■ **EXERCISE DIRECTIONS**
Within the records below, reproduce without change the lines from the line that has "number == 1" through the line that has "self.new.version ≡ cond (nat_eq n 5)", and only those.

##### RECORDS

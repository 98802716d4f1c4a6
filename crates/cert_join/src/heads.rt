// The first five lines of each certificate.
ghost use Rattle.std.specs.Prelude.{◌≡◌, ◌≢◌, ◌++◌, ◌∷◌, ◌<◌, ◌^◌, [], ℕ, List, true, false, cond, nat_eq, Some, Ok, OnOk, slice_get, drop, map};
ghost use Rattle.cert_model.specs.Due.{is_version};
ghost use Rattle.cert_read.specs.CertLine.{cover, version};
ghost use Rattle.cert_read.specs.LineText.{line_text};
ghost use Rattle.cert_joined.specs.Covers.{Cover, AreTextsOf, IsTextOf};
ghost use Rattle.cert_join.specs.Ahead.{AreBefore};
ghost use Rattle.cert_join.specs.Spot.{Spot, IsBefore};
ghost use Rattle.cert_join.specs.Heads.{all_lines, head_text, HasRead, IsBehind, IsReading, IsUnlike, ReadsHeads, ReadsOf, TakesLine};

use crate::cursor::Cursor;
use crate::joiner::Step;
use crate::line::{append_number, number_of};
use crate::stop::Unjoined;
use std::alloc::{AllocError, Global};

// The newest version.
const NEWEST: u32 = 5;

/// What the first five lines of the certificates say: all but the first and the last are alike.
#[derive(Drop)]
pub struct Heads {
    // The certificate, and which of its lines is the next, from 0.
    part: usize,
    row: u32,
    margin: Vec<u8>,
    delta: Vec<u8>,
    bound: Vec<u8>,
    /// The first certificate of a point.
    pub point: Option<usize>,
    /// Of each certificate, how many lemmas it says that it has.
    pub counts: Vec<u32>,
    // The version of what joins those of which it was read, and the earliest that was read.
    version: u32,
    earliest: u32,
}

// Keeps the line of the first certificate, and says of another one's whether it is the same.
fn is_alike(kept: &mut Vec<u8>, is_first: bool, line: &[u8]) -> Result<bool, AllocError>
    ensures first { is_first ≡ true → OnOk result (kept.new.items ≡ kept.old.items ++ line.now) }
    ensures alike { is_first ≡ false → kept.new.items ≡ kept.old.items }
    ensures same { is_first ≡ false → result ≡ Ok true → line.now ≡ kept.old.items }
    ensures unlike { result ≡ Ok false → (is_first ≡ false) × (line.now ≢ kept.old.items) }
{
    if is_first {
        return match kept.extend_from_slice(line) {
            Ok(()) => Ok(true),
            Err(error) => Err(error),
        };
    }
    Ok(line == kept.as_slice())
}

/// Appends a line.
pub fn append_line(text: &mut Vec<u8>, line: &[u8]) -> Result<(), AllocError>
    ensures { OnOk result (text.new.items ≡ text.old.items ++ (line.now ++ (10 ∷ []))) }
{
    match text.extend_from_slice(line) {
        Ok(()) => {}
        Err(error) => return Err(error),
    }
    match text.push(b'\n') {
        Ok(()) => Ok(()),
        Err(_) => Err(AllocError),
    }
}

// The number of lemmas in the last line of a cover.
fn count_in(line: &[u8]) -> Option<u32>
    ensures { (n : ℕ) → n < 2 ^ 32 → line.now ≡ line_text (cover n) → result ≡ Some n }
{
    match line.strip_prefix(b"cover ".as_slice()) {
        Some(digits) => number_of(digits),
        None => None,
    }
}

// The version in the first line.
fn version_in(line: &[u8]) -> Option<u32>
    ensures { (n : ℕ) → n < 2 ^ 32 → line.now ≡ line_text (version n) → result ≡ Some n }
{
    match line.strip_prefix(b"dpoly ".as_slice()) {
        Some(digits) => number_of(digits),
        None => None,
    }
}

// Appends the first line of a certificate of this version.
fn append_version(text: &mut Vec<u8>, number: u32) -> Result<(), AllocError>
    ensures { OnOk result (text.new.items
        ≡ text.old.items ++ (line_text (version number) ++ (10 ∷ []))) }
{
    match text.extend_from_slice(b"dpoly ") {
        Ok(()) => {}
        Err(error) => return Err(error),
    }
    match append_number(text, number) {
        Ok(()) => {}
        Err(error) => return Err(error),
    }
    match text.push(b'\n') {
        Ok(()) => Ok(()),
        Err(_) => Err(AllocError),
    }
}

impl Heads {
    pub fn new(alloc: Global) -> Self
        ensures { (certs : List (List ℕ)) (covers : List Cover) (spots : List Spot) →
            AreBefore certs (map all_lines covers) spots → IsReading certs covers result spots }
    {
        Heads {
            part: 0,
            row: 0,
            margin: Vec::new(alloc),
            delta: Vec::new(alloc),
            bound: Vec::new(alloc),
            point: None,
            counts: Vec::new(alloc),
            version: 2,
            earliest: NEWEST,
        }
    }

    /// Whether one is of an earlier version than what joins them, and so may not have all rules of that.
    pub fn has_older(&self) -> bool {
        self.earliest < self.version
    }

    // Takes the version of a certificate, and says whether it is one for one check.
    fn take_number(&mut self, number: u32) -> bool
        ensures same { self.new
            ≡ record self.old { version = self.new.version; earliest = self.new.earliest } }
        ensures version { self.new.version ≡ cond (nat_eq number 5) 5 self.old.version }
        ensures known { result ≡ is_version number }
    {
        if number == NEWEST {
            self.version = NEWEST;
        }
        self.earliest = self.earliest.min(number);
        number == 1 || number == 2 || number == NEWEST
    }

    // Takes the first line of a certificate, and says whether it is that of a version for one check.
    fn take_version(&mut self, line: &[u8]) -> bool
        ensures same { self.new
            ≡ record self.old { version = self.new.version; earliest = self.new.earliest } }
        ensures version { (n : ℕ) → n < 2 ^ 32 → line.now ≡ line_text (version n) →
            self.new.version ≡ cond (nat_eq n 5) 5 self.old.version }
        ensures known { (n : ℕ) → n < 2 ^ 32 → line.now ≡ line_text (version n) →
            result ≡ is_version n }
    {
        match version_in(line) {
            Some(number) => self.take_number(number),
            None => false,
        }
    }

    // Takes the next line of a certificate, and says whether it may stand there.
    fn take(&mut self, line: &[u8]) -> Result<bool, AllocError>
        ensures takes { result ≡ Ok true → TakesLine line.now self.old self.new }
        ensures unlike { result ≡ Ok false → IsUnlike line.now self.old }
    {
        let is_first = self.part == 0;
        match self.row {
            0 => Ok(self.take_version(line)),
            1 => is_alike(&mut self.margin, is_first, line),
            2 => is_alike(&mut self.delta, is_first, line),
            3 => is_alike(&mut self.bound, is_first, line),
            _ => self.take_kind(line),
        }
    }

    // Takes the kind of a certificate, and says whether it is one.
    fn take_kind(&mut self, line: &[u8]) -> Result<bool, AllocError>
        ensures same { self.new
            ≡ record self.old { point = self.new.point; counts = self.new.counts } }
        ensures cover { (n : ℕ) → n < 2 ^ 32 → line.now ≡ line_text (cover n) → result ≡ Ok true →
            (self.new.point ≡ self.old.point)
            × (self.new.counts.items ≡ self.old.counts.items ++ (n ∷ [])) }
        ensures other { result ≡ Ok false → (n : ℕ) → n < 2 ^ 32 → line.now ≢ line_text (cover n) }
    {
        match count_in(line) {
            Some(count) => match self.counts.push(count) {
                Ok(()) => Ok(true),
                Err(_) => Err(AllocError),
            },
            None => self.take_point(line),
        }
    }

    // Takes the kind of a certificate of no cover, and says whether it is a point's.
    fn take_point(&mut self, line: &[u8]) -> Result<bool, AllocError>
        ensures { self.new ≡ record self.old { point = self.new.point; counts = self.new.counts } }
    {
        if line != b"point".as_slice() {
            return Ok(false);
        }
        if self.point.is_none() {
            self.point = Some(self.part);
        }
        match self.counts.push(0) {
            Ok(()) => Ok(true),
            Err(_) => Err(AllocError),
        }
    }

    // Goes on to the next line.
    fn pass(&mut self)
        requires { self.old.part < usize.MAX }
        ensures { IsBehind self.old self.new }
    {
        if self.row < 4 {
            self.row += 1;
        } else {
            self.row = 0;
            self.part += 1;
        }
    }

    // Reads one more line of the certificate whose turn it is.
    fn read(&mut self, cursor: &mut Cursor) -> Result<Step, Unjoined>
        requires { self.old.part < usize.MAX }
        ensures { (cert : List ℕ) (covers : List Cover) (c : Cover) → IsTextOf c cert →
            slice_get covers self.old.part ≡ Some c → HasRead covers self.old →
            IsBefore cert (drop self.old.row (all_lines c)) cursor.old →
            ReadsOf cert covers c self.old result self.new cursor.new }
    {
        if !cursor.is_ready() {
            return Ok(Step::Read(self.part));
        }
        match self.take(cursor.text()) {
            Ok(true) => {}
            Ok(false) => return Err(Unjoined::Unlike),
            Err(_) => return Err(Unjoined::Memory),
        }
        cursor.pass();
        self.pass();
        Ok(Step::On)
    }

    /// Reads one more line.
    pub fn step(&mut self, cursors: &mut [Cursor]) -> Result<Step, Unjoined>
        ensures { (certs : List (List ℕ)) (covers : List Cover) → AreTextsOf covers certs →
            IsReading certs covers self.old cursors.old →
            ReadsHeads certs covers result self.new cursors.new }
    {
        let part = self.part;
        if part < cursors.len() {
            self.read(&mut cursors[part])
        } else {
            Ok(Step::Over)
        }
    }

    /// Appends the first four lines.
    pub fn append(&self, text: &mut Vec<u8>) -> Result<(), AllocError>
        ensures { OnOk result (text.new.items ≡ text.old.items ++ head_text self.now) }
    {
        match append_version(text, self.version) {
            Ok(()) => {}
            Err(error) => return Err(error),
        }
        match append_line(text, &self.margin) {
            Ok(()) => {}
            Err(error) => return Err(error),
        }
        match append_line(text, &self.delta) {
            Ok(()) => {}
            Err(error) => return Err(error),
        }
        append_line(text, &self.bound)
    }
}
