// The joined certificate, written and checked in pieces.
ghost use Rattle.cert_join.specs.Drafting.{JoinsAll, Keeps, Puts, Reads, Runs, Steps};

use crate::joiner::{Joiner, ROOM, Step};
use crate::stop::{Stop, Unjoined};
use cert_check::{CertFault, Feed};
use desk::{Denied, Desk, Port, write_whole};
use std::alloc::Global;

// The most bytes that are read of a certificate at once.
const PIECE: usize = 4096;

/// What is said of certificates that were joined.
#[derive(Clone, Copy, Debug, PartialEq, Eq)]
pub struct Joined {
    /// Whether lines of a certificate were dropped that no other has: those of a tree that was not taken, of a second
    /// tree of a lemma, or one that says that a state is stuck; or one was gone through that no accepted certificate has.
    /// They were not checked.
    pub dropped: bool,
}

// Writes the text and gives it to the checker.
fn put<D: Desk>(desk: &mut D, feed: &mut Feed<'_>, text: &[u8]) -> Result<(), Stop>
    ensures { Puts text.now (D.sight desk.old) feed.old result (D.sight desk.new) feed.new }
{
    match write_whole(desk, Port::Draft, text) {
        Ok(()) => {}
        Err(Denied::Failed) => return Err(Stop::Denied),
        Err(Denied::Memory) => return Err(Stop::Memory),
    }
    match feed.piece(text) {
        Ok(()) => Ok(()),
        Err(CertFault::Memory) => Err(Stop::Memory),
        Err(fault) => Err(Stop::Refused(fault)),
    }
}

// Reads more of a certificate.
fn read<D: Desk>(desk: &mut D, joiner: &mut Joiner, part: usize) -> Result<(), Stop>
    ensures reads { Reads (D.sight desk.old) result (D.sight desk.new) }
    ensures keeps { Keeps (D.sight desk.old) joiner.old result joiner.new }
{
    let mut piece = [0u8; PIECE];
    let n = match desk.read_at(part, joiner.place(part), &mut piece) {
        Ok(n) => n,
        Err(_) => return Err(Stop::Failed),
    };
    match joiner.give(part, &piece[..n]) {
        Ok(()) => Ok(()),
        Err(_) => Err(Stop::Memory),
    }
}

// One step of the joiner: what it appends is written once that is much, or all. Says whether all is joined.
fn step<D: Desk>(
    desk: &mut D,
    feed: &mut Feed<'_>,
    joiner: &mut Joiner,
    text: &mut Vec<u8>,
) -> Result<bool, Stop>
    ensures { Steps text.old.items joiner.old (D.sight desk.old) feed.old result
        text.new.items joiner.new (D.sight desk.new) feed.new }
{
    match joiner.step(text) {
        Ok(Step::Read(part)) => match read(desk, joiner, part) {
            Ok(()) => Ok(false),
            Err(stop) => Err(stop),
        },
        Ok(Step::On) if text.len() < ROOM => Ok(false),
        Ok(Step::On) => match put(desk, feed, text) {
            Ok(()) => {
                text.clear();
                Ok(false)
            }
            Err(stop) => Err(stop),
        },
        Ok(Step::Over) => match put(desk, feed, text) {
            Ok(()) => {
                text.clear();
                Ok(true)
            }
            Err(stop) => Err(stop),
        },
        Err(Unjoined::Memory) => Err(Stop::Memory),
        Err(Unjoined::Unlike) => Err(Stop::Unlike),
        Err(Unjoined::Crowded) => Err(Stop::Crowded),
    }
}

// Joins until all is joined.
fn run<D: Desk>(
    desk: &mut D,
    feed: &mut Feed<'_>,
    joiner: &mut Joiner,
    text: &mut Vec<u8>,
) -> Result<Joined, Stop>
    ensures { Runs text.old.items joiner.old (D.sight desk.old) feed.old result
        text.new.items joiner.new (D.sight desk.new) feed.new }
{
    for _ in 0..u64::MAX {
        match step(desk, feed, joiner, text) {
            Ok(false) => {}
            Ok(true) => {
                let dropped = joiner.dropped();
                return Ok(Joined { dropped });
            }
            Err(stop) => return Err(stop),
        }
    }
    // No machine makes so many steps. What runs out then is answered as memory is.
    Err(Stop::Memory)
}

/// Joins the certificates on the desk's parts, of which there are so many: what is joined is drafted and given to the feed,
/// which is one of certificates of their problem and bound.
///
/// # Errors
/// A certificate could not be read or the draft not written, there was no memory, the certificates have different headers or
/// too many lemmas, or the feed refuses what is joined.
pub fn join<D: Desk>(
    alloc: Global,
    desk: &mut D,
    count: usize,
    feed: &mut Feed<'_>,
) -> Result<Joined, Stop>
    ensures { JoinsAll count (D.sight desk.old) feed.old result (D.sight desk.new) feed.new }
{
    let Ok(mut joiner) = Joiner::new(alloc, count) else {
        return Err(Stop::Memory);
    };
    let mut text: Vec<u8> = Vec::new(alloc);
    run(desk, feed, &mut joiner, &mut text)
}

##########

■ **SOLVED EXERCISE**
        number == 1 || number == 2 || number == NEWEST
    }

    // Takes the first line of a certificate, and says whether it is that of a version for one check.
    fn take_version(&mut self, line: &[u8]) -> bool
        ensures same { self.new
            ≡ record self.old { version = self.new.version; earliest = self.new.earliest } }
        ensures version { (n : ℕ) → n < 2 ^ 32 → line.now ≡ line_text (version n) →
            self.new.version ≡ cond (nat_eq n 5) 5 self.old.version }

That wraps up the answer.